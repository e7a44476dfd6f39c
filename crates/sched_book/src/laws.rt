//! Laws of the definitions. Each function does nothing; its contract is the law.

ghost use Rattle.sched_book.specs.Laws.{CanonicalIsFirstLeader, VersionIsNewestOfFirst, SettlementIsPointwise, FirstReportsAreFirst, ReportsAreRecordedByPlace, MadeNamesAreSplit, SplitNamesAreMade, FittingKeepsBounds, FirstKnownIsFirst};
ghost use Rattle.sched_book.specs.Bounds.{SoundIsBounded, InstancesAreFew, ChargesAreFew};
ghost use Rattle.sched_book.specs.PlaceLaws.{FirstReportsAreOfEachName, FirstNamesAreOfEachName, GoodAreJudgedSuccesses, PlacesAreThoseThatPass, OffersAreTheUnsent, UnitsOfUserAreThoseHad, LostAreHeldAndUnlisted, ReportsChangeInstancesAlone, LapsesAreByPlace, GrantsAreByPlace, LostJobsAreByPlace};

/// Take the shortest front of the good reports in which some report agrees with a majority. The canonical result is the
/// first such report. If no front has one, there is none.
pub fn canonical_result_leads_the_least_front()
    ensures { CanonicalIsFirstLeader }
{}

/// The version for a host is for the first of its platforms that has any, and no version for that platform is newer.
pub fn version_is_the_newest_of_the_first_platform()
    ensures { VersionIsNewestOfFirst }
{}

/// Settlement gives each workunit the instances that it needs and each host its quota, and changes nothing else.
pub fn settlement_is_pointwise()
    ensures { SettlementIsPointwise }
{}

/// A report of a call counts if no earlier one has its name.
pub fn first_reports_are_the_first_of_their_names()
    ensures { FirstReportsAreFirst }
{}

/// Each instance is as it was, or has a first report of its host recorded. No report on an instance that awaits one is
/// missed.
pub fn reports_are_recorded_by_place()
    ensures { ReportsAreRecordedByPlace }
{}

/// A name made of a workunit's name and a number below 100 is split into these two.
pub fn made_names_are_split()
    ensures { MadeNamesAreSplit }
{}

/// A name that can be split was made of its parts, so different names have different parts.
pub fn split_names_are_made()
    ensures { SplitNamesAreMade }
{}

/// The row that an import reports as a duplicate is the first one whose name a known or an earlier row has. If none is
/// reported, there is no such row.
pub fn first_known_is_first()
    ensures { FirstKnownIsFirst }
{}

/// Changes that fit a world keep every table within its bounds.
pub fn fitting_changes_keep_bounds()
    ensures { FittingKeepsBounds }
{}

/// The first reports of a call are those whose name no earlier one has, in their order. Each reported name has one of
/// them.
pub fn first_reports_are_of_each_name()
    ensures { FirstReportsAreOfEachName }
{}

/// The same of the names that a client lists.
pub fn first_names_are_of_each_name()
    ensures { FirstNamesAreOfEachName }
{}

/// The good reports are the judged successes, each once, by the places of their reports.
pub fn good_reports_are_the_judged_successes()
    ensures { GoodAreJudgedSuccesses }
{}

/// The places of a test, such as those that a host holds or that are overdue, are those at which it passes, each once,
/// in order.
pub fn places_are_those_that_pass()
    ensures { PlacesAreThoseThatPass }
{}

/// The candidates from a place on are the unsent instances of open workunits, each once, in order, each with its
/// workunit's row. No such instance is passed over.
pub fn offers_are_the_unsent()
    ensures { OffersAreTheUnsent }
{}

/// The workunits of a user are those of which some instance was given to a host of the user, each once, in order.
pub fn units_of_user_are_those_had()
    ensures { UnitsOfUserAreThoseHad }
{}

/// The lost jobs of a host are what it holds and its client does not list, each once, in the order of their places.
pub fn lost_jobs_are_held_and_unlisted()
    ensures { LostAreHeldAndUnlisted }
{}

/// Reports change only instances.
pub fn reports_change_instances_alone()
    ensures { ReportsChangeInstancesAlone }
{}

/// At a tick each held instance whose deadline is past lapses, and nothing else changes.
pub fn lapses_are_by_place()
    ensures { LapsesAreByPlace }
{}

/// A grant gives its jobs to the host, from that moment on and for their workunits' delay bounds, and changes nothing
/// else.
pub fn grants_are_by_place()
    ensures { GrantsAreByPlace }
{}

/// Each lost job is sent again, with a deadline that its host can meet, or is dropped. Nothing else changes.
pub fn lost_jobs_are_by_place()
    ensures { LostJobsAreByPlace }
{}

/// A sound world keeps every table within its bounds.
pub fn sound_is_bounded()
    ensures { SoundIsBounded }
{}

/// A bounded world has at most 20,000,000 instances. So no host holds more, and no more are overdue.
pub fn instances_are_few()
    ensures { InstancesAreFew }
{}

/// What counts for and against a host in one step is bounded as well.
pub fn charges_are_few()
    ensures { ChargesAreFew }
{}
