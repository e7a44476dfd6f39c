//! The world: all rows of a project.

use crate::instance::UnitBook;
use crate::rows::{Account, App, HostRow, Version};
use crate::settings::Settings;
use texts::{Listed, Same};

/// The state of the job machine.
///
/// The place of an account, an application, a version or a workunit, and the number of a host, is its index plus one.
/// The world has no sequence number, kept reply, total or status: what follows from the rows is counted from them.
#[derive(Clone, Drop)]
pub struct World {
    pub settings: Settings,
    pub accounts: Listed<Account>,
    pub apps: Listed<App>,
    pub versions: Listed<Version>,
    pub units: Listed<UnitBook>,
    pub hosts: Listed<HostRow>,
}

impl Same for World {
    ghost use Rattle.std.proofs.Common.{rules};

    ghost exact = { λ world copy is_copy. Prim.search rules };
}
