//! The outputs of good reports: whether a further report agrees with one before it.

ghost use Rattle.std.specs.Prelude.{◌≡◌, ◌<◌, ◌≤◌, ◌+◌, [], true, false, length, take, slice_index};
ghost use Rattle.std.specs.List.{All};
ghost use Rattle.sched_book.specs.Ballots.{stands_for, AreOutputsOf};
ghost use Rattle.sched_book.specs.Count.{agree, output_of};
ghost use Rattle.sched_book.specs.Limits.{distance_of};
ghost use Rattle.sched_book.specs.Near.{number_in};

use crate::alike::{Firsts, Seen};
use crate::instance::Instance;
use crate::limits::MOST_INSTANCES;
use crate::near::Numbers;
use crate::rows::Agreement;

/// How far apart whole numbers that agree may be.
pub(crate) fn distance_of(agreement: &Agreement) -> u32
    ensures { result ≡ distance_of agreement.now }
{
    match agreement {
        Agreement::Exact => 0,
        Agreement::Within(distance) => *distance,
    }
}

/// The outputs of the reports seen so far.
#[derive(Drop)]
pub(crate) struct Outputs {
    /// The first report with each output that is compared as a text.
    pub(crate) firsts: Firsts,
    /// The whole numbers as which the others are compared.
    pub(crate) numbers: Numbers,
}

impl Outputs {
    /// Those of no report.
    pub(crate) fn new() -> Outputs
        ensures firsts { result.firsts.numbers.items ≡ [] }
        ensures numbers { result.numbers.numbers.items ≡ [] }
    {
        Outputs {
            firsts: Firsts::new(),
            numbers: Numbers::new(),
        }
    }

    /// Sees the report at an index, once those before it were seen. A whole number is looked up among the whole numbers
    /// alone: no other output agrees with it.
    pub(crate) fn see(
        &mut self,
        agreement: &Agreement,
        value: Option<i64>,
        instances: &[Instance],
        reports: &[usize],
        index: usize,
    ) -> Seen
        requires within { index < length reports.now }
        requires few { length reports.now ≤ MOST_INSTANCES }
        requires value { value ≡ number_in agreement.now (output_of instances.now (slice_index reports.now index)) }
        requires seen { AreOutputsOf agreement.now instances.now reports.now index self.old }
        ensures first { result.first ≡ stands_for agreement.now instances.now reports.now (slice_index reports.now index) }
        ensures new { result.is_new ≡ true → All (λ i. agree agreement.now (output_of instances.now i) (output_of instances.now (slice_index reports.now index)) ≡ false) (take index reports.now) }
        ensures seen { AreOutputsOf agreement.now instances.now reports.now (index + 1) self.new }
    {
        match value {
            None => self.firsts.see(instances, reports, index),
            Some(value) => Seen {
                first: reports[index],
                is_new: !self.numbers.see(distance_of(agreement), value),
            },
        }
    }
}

┄┄┄┄┄┄┄┄┄┄

* _What needs to be done_: Lines from the entries that contain the string "MadeNamesAreSplit" are what must be copied.

* _Written reply_:
ghost use Rattle.sched_book.specs.Laws.{CanonicalIsFirstLeader, VersionIsNewestOfFirst, SettlementIsPointwise, FirstReportsAreFirst, ReportsAreRecordedByPlace, MadeNamesAreSplit, SplitNamesAreMade, FittingKeepsBounds, FirstKnownIsFirst};
    ensures { MadeNamesAreSplit }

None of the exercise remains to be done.